**Task**. Where the word "OutOfMemory" occurs in a line of the data, return the whole line.

**Available data**.
===
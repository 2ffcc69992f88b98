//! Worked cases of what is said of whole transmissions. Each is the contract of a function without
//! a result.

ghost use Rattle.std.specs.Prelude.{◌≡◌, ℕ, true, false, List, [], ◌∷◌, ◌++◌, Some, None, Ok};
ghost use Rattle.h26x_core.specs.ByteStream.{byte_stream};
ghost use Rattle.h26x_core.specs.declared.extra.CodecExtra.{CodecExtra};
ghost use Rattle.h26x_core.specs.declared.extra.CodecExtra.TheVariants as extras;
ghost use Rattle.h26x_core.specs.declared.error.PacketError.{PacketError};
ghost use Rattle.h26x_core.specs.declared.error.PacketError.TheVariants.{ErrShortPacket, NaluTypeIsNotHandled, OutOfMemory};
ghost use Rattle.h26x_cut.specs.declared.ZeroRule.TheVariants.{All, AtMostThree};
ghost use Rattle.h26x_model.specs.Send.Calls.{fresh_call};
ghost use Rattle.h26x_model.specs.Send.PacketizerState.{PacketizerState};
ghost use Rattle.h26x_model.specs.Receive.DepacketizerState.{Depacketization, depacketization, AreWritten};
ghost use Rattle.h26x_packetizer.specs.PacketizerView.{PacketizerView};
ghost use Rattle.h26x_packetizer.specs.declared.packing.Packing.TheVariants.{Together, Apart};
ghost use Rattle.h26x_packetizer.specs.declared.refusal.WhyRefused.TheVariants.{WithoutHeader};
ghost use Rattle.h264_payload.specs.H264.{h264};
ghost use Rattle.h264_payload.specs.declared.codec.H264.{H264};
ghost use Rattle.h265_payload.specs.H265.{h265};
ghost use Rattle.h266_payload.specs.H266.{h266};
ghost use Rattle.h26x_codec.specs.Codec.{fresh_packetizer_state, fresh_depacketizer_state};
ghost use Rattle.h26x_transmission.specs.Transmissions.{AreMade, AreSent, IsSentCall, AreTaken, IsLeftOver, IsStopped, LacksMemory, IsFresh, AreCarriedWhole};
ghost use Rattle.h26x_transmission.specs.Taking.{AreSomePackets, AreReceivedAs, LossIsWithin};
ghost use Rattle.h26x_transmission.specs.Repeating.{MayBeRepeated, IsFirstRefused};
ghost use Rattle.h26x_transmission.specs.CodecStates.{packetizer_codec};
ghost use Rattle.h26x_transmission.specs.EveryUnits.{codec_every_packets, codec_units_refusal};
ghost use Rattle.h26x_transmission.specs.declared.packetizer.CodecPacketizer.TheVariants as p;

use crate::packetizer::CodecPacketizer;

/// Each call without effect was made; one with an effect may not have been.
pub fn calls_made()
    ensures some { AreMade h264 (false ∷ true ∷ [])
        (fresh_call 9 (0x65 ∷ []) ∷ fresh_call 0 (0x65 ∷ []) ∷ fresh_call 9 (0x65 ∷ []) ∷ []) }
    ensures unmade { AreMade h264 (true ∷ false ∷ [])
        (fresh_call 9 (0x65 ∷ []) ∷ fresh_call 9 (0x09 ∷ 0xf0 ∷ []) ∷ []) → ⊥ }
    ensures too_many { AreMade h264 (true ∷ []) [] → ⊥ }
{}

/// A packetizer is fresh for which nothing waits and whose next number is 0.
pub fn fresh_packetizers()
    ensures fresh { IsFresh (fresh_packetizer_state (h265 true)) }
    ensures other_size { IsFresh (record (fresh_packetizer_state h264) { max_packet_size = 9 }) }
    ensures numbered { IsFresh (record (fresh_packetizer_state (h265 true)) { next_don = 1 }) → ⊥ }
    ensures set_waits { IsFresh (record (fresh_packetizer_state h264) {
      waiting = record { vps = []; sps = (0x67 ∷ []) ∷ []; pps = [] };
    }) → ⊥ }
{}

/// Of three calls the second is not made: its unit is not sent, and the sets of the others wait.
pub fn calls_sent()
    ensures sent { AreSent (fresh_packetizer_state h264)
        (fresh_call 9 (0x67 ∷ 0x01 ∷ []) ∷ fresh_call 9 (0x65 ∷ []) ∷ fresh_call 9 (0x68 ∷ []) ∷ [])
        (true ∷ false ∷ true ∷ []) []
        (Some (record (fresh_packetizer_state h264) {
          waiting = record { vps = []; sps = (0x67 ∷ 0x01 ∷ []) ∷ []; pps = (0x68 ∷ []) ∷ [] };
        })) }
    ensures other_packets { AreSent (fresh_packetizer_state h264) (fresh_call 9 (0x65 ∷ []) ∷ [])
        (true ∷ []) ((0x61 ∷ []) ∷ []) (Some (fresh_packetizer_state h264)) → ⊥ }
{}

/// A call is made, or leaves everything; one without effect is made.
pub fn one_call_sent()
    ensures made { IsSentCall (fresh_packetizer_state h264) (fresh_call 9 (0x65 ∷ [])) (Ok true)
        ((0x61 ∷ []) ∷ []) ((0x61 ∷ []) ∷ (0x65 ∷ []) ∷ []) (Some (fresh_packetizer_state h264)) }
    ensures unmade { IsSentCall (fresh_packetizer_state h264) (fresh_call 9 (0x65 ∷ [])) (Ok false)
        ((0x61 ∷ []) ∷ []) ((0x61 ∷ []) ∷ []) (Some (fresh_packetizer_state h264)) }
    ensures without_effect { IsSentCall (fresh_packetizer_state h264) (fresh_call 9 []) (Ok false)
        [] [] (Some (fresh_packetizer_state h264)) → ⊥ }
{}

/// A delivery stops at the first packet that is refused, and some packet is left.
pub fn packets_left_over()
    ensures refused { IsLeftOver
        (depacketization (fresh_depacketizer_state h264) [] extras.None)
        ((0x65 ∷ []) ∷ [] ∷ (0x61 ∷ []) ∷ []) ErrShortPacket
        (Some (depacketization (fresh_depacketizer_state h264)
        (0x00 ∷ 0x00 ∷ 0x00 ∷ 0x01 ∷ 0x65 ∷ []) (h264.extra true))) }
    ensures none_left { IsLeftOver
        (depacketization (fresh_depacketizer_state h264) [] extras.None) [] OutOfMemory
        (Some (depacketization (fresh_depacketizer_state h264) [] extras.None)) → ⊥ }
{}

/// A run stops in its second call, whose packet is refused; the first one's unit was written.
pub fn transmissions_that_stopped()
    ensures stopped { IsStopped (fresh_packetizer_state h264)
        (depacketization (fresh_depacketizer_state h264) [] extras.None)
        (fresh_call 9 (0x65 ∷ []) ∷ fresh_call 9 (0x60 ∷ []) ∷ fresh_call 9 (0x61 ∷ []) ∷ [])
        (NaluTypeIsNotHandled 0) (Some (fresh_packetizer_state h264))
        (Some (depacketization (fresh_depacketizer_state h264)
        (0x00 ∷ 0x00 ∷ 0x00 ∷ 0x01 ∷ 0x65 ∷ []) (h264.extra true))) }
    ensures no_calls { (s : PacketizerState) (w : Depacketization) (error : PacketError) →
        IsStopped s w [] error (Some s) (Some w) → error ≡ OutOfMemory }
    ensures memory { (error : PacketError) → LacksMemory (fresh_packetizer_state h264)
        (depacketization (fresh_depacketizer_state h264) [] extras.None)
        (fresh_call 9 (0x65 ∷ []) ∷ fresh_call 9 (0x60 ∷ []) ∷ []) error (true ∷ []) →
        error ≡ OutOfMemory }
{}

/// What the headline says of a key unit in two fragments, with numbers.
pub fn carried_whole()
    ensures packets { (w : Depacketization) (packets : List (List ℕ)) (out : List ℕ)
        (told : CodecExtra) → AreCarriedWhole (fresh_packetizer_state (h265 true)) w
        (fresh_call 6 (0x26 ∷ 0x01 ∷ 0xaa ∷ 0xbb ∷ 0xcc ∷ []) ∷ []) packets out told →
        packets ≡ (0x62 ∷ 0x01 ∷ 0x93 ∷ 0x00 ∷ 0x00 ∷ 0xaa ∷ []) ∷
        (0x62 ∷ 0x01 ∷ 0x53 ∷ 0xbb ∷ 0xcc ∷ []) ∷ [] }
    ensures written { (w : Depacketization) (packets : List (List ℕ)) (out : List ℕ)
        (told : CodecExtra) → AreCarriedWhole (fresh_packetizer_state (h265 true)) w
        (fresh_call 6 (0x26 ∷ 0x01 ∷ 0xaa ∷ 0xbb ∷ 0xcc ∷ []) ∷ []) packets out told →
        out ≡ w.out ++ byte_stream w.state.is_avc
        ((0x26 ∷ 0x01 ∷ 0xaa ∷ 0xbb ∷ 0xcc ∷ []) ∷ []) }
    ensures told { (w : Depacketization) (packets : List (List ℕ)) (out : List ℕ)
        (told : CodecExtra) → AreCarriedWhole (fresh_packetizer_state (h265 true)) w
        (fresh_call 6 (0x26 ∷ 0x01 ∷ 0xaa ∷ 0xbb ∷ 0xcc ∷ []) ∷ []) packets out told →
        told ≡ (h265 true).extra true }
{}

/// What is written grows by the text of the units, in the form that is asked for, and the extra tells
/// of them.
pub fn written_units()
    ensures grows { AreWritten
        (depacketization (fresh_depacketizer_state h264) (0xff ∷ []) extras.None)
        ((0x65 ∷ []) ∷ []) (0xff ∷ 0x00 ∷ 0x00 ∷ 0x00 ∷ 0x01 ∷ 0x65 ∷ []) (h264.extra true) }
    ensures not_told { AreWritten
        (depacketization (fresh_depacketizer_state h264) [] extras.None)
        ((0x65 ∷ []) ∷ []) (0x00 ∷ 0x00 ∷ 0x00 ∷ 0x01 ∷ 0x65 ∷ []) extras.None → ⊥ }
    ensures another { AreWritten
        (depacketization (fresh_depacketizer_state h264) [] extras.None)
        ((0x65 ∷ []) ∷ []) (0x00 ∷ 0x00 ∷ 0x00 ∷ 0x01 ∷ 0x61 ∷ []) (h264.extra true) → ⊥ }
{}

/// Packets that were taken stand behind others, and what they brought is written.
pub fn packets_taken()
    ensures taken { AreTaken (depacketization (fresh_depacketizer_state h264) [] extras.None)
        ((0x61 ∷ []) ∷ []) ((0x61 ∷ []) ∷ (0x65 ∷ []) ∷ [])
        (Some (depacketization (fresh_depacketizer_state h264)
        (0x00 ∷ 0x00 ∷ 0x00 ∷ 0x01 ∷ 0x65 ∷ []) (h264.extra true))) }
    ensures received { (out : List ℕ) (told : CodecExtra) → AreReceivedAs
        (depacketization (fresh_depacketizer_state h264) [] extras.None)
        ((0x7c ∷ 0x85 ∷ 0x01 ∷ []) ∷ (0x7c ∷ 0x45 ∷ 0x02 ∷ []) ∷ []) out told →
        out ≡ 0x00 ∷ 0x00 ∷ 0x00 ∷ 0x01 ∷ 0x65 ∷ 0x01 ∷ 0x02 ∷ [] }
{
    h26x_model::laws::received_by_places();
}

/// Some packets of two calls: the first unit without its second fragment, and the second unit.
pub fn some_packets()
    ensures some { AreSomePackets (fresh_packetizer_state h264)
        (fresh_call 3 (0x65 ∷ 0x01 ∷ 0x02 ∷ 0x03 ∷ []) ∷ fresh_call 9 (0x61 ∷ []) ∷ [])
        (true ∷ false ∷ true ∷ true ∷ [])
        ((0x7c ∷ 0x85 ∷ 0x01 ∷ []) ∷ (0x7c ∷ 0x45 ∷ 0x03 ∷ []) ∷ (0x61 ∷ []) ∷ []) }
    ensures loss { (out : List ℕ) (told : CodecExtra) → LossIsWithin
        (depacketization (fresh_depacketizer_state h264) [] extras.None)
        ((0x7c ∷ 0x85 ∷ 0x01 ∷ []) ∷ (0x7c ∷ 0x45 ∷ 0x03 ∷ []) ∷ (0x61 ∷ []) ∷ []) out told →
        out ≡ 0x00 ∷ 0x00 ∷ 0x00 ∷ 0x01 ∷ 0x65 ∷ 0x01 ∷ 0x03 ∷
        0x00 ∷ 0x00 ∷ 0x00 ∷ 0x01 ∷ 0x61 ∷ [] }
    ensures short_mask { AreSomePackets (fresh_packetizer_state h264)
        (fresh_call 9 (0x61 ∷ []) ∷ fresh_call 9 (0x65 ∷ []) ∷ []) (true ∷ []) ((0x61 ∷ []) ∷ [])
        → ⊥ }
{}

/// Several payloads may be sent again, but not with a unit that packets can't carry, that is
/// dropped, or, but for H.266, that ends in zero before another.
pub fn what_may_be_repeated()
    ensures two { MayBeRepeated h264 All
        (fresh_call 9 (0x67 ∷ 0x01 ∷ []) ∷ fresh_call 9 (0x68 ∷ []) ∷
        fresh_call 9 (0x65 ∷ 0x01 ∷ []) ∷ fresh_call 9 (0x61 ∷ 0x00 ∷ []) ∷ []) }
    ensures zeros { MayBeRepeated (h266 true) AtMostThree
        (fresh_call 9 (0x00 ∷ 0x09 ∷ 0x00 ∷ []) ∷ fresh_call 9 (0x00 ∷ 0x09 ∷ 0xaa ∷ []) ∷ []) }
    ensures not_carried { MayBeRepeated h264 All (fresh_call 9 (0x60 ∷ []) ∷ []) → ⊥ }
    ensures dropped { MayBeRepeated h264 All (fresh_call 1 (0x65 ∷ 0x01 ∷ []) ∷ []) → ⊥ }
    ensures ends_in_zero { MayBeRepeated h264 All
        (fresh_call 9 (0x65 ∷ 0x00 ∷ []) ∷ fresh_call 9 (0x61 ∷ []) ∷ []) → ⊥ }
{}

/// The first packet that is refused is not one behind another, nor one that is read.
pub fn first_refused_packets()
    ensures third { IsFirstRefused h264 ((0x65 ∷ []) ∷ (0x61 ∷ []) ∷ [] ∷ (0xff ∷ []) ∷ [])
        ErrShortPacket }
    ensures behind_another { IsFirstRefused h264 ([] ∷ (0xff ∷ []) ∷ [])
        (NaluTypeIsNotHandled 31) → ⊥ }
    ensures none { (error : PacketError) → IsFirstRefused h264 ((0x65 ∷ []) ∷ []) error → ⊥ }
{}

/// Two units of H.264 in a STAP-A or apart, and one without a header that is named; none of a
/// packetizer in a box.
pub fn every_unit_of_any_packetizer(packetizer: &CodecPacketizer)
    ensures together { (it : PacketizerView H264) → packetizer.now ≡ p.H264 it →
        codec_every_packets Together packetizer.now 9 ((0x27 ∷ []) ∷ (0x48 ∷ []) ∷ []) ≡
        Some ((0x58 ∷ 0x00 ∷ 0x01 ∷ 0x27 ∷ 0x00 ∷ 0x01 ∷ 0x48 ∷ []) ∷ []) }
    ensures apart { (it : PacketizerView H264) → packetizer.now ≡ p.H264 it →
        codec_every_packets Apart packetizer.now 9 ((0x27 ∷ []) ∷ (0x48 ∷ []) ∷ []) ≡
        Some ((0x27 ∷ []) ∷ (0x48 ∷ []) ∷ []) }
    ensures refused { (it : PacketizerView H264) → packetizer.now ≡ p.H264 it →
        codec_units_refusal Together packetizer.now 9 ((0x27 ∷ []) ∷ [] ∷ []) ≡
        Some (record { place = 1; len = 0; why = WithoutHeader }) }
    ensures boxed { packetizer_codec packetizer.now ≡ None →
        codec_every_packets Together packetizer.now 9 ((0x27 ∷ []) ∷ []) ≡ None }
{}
===
**Output**.
ghost use Rattle.h26x_core.specs.declared.error.PacketError.TheVariants.{ErrShortPacket, NaluTypeIsNotHandled, OutOfMemory};
        (depacketization (fresh_depacketizer_state h264) [] extras.None) [] OutOfMemory
        IsStopped s w [] error (Some s) (Some w) → error ≡ OutOfMemory }
        error ≡ OutOfMemory }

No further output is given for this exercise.